● **What you should do**
Write every entry out again, exactly as given.

● **Extracted data**
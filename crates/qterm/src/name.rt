//! Names: a text of bytes with a sort.
ghost use Rattle.std.specs.Prelude.{◌≡◌, ◌↔◌, nat_eq, IsTrue, IfOk};
ghost use Rattle.std.proofs.Common.{rules};
ghost use Rattle.std.specs.Cmp.Rules.{hashing};
ghost use Rattle.std.specs.Hash as fed;
ghost use Rattle.std.specs.Cmp.Lexicographic.{pointwise, nat_list_eq_equiv};
ghost use Rattle.std.specs.Cmp.{partial_equiv_from_equiv};
ghost use Rattle.qterm.specs.Name.{IsNameByte, IsNameText};

use std::alloc::{AllocError, Global};
use std::hash::{Hash, Hasher};
use std::marker::Model;

/// The sort of a term.
#[derive(Clone, Copy, Debug, PartialEq, Eq, Hash)]
pub enum Sort {
    /// The sort of formulas.
    Bool,
    /// The sort of integers.
    Int,
}

/// The bytes of a name, which contracts see as a list. Each of them is one that a name may have.
#[derive(Debug, Drop)]
pub struct Text {
    bytes: Vec<u8>,
}

impl Model for Text {
    ghost use Rattle.std.specs.Prelude.{List, ℕ};
    ghost use Rattle.qterm.specs.Name.{IsNameText};

    ghost Value = { List ℕ };

    ghost view = { λ t. t.bytes.items };

    ghost invariant = { λ t. IsNameText t.bytes.items };
}

impl PartialEq for Text {
    ghost eq = { pointwise nat_eq };

    ghost laws = { partial_equiv_from_equiv nat_list_eq_equiv };

    fn eq(&self, other: &Text) -> bool {
        self.bytes.as_slice() == other.bytes.as_slice()
    }
}

impl Clone for Text {
    ghost is_clone = { λ t c. c ≡ t };

    fn clone(&self) -> Result<Text, AllocError> {
        Ok(Text {
            bytes: self.bytes.clone()?,
        })
    }
}

impl Eq for Text {
    ghost laws = { nat_list_eq_equiv };
}

impl Hash for Text {
    ghost hash_input = { fed.slice fed.u8 };

    ghost respects_eq = { Prim.search (hashing, rules) };

    fn hash<H: Hasher>(&self, state: &mut H) {
        self.bytes.as_slice().hash(state);
    }
}

/// A name: a text with a sort. Two names with the same text and different sorts are different names.
#[derive(Debug, Clone, PartialEq, Eq, Hash, Drop)]
pub struct Name {
    text: Text,
    sort: Sort,
}

impl Name {
    /// The name with this text and this sort.
    ///
    /// Every byte of the text is at least 32 and is none of 127, `|` and `\`, so that a quoted symbol of SMT-LIB 2.6 can
    /// hold the text on one line. `Name::allows` tells whether a text is so.
    pub fn new(alloc: Global, text: &[u8], sort: Sort) -> Result<Name, AllocError>
        requires allowed { IsNameText text.now }
        ensures text { IfOk result (λ name. name.text ≡ text.now) }
        ensures sort { IfOk result (λ name. name.sort ≡ sort) }
    {
        let text = Text {
            bytes: Vec::from_slice(alloc, text)?,
        };
        Ok(Name { text, sort })
    }

    /// Whether a name may have this text.
    pub fn allows(text: &[u8]) -> bool
        ensures { IsTrue result ↔ IsNameText text.now }
    {
        for byte in text {
            if !is_name_byte(*byte) {
                return false;
            }
        }
        true
    }

    /// The bytes of the name.
    pub fn text(&self) -> &[u8]
        ensures text { result.now ≡ self.now.text }
        ensures allowed { IsNameText result.now }
    {
        self.text.bytes.as_slice()
    }

    /// The sort of the name.
    pub fn sort(&self) -> Sort
        ensures { result ≡ self.now.sort }
    {
        self.sort
    }
}

/// Whether the text of a name may have this byte.
fn is_name_byte(byte: u8) -> bool
    ensures { IsTrue result ↔ IsNameByte byte }
{
    byte >= 32 && byte != 127 && byte != b'|' && byte != b'\\'
}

● **Task result**
filename crates/qterm/src/name.rt
//! Names: a text of bytes with a sort.
ghost use Rattle.std.specs.Prelude.{◌≡◌, ◌↔◌, nat_eq, IsTrue, IfOk};
ghost use Rattle.std.proofs.Common.{rules};
ghost use Rattle.std.specs.Cmp.Rules.{hashing};
ghost use Rattle.std.specs.Hash as fed;
ghost use Rattle.std.specs.Cmp.Lexicographic.{pointwise, nat_list_eq_equiv};
ghost use Rattle.std.specs.Cmp.{partial_equiv_from_equiv};
ghost use Rattle.qterm.specs.Name.{IsNameByte, IsNameText};

use std::alloc::{AllocError, Global};
use std::hash::{Hash, Hasher};
use std::marker::Model;

/// The sort of a term.
#[derive(Clone, Copy, Debug, PartialEq, Eq, Hash)]
pub enum Sort {
    /// The sort of formulas.
    Bool,
    /// The sort of integers.
    Int,
}

/// The bytes of a name, which contracts see as a list. Each of them is one that a name may have.
#[derive(Debug, Drop)]
pub struct Text {
    bytes: Vec<u8>,
}

impl Model for Text {
    ghost use Rattle.std.specs.Prelude.{List, ℕ};
    ghost use Rattle.qterm.specs.Name.{IsNameText};

    ghost Value = { List ℕ };

    ghost view = { λ t. t.bytes.items };

    ghost invariant = { λ t. IsNameText t.bytes.items };
}

impl PartialEq for Text {
    ghost eq = { pointwise nat_eq };

    ghost laws = { partial_equiv_from_equiv nat_list_eq_equiv };

    fn eq(&self, other: &Text) -> bool {
        self.bytes.as_slice() == other.bytes.as_slice()
    }
}

impl Clone for Text {
    ghost is_clone = { λ t c. c ≡ t };

    fn clone(&self) -> Result<Text, AllocError> {
        Ok(Text {
            bytes: self.bytes.clone()?,
        })
    }
}

impl Eq for Text {
    ghost laws = { nat_list_eq_equiv };
}

impl Hash for Text {
    ghost hash_input = { fed.slice fed.u8 };

    ghost respects_eq = { Prim.search (hashing, rules) };

    fn hash<H: Hasher>(&self, state: &mut H) {
        self.bytes.as_slice().hash(state);
    }
}

/// A name: a text with a sort. Two names with the same text and different sorts are different names.
#[derive(Debug, Clone, PartialEq, Eq, Hash, Drop)]
pub struct Name {
    text: Text,
    sort: Sort,
}

impl Name {
    /// The name with this text and this sort.
    ///
    /// Every byte of the text is at least 32 and is none of 127, `|` and `\`, so that a quoted symbol of SMT-LIB 2.6 can
    /// hold the text on one line. `Name::allows` tells whether a text is so.
    pub fn new(alloc: Global, text: &[u8], sort: Sort) -> Result<Name, AllocError>
        requires allowed { IsNameText text.now }
        ensures text { IfOk result (λ name. name.text ≡ text.now) }
        ensures sort { IfOk result (λ name. name.sort ≡ sort) }
    {
        let text = Text {
            bytes: Vec::from_slice(alloc, text)?,
        };
        Ok(Name { text, sort })
    }

    /// Whether a name may have this text.
    pub fn allows(text: &[u8]) -> bool
        ensures { IsTrue result ↔ IsNameText text.now }
    {
        for byte in text {
            if !is_name_byte(*byte) {
                return false;
            }
        }
        true
    }

    /// The bytes of the name.
    pub fn text(&self) -> &[u8]
        ensures text { result.now ≡ self.now.text }
        ensures allowed { IsNameText result.now }
    {
        self.text.bytes.as_slice()
    }

    /// The sort of the name.
    pub fn sort(&self) -> Sort
        ensures { result ≡ self.now.sort }
    {
        self.sort
    }
}

/// Whether the text of a name may have this byte.
fn is_name_byte(byte: u8) -> bool
    ensures { IsTrue result ↔ IsNameByte byte }
{
    byte >= 32 && byte != 127 && byte != b'|' && byte != b'\\'
}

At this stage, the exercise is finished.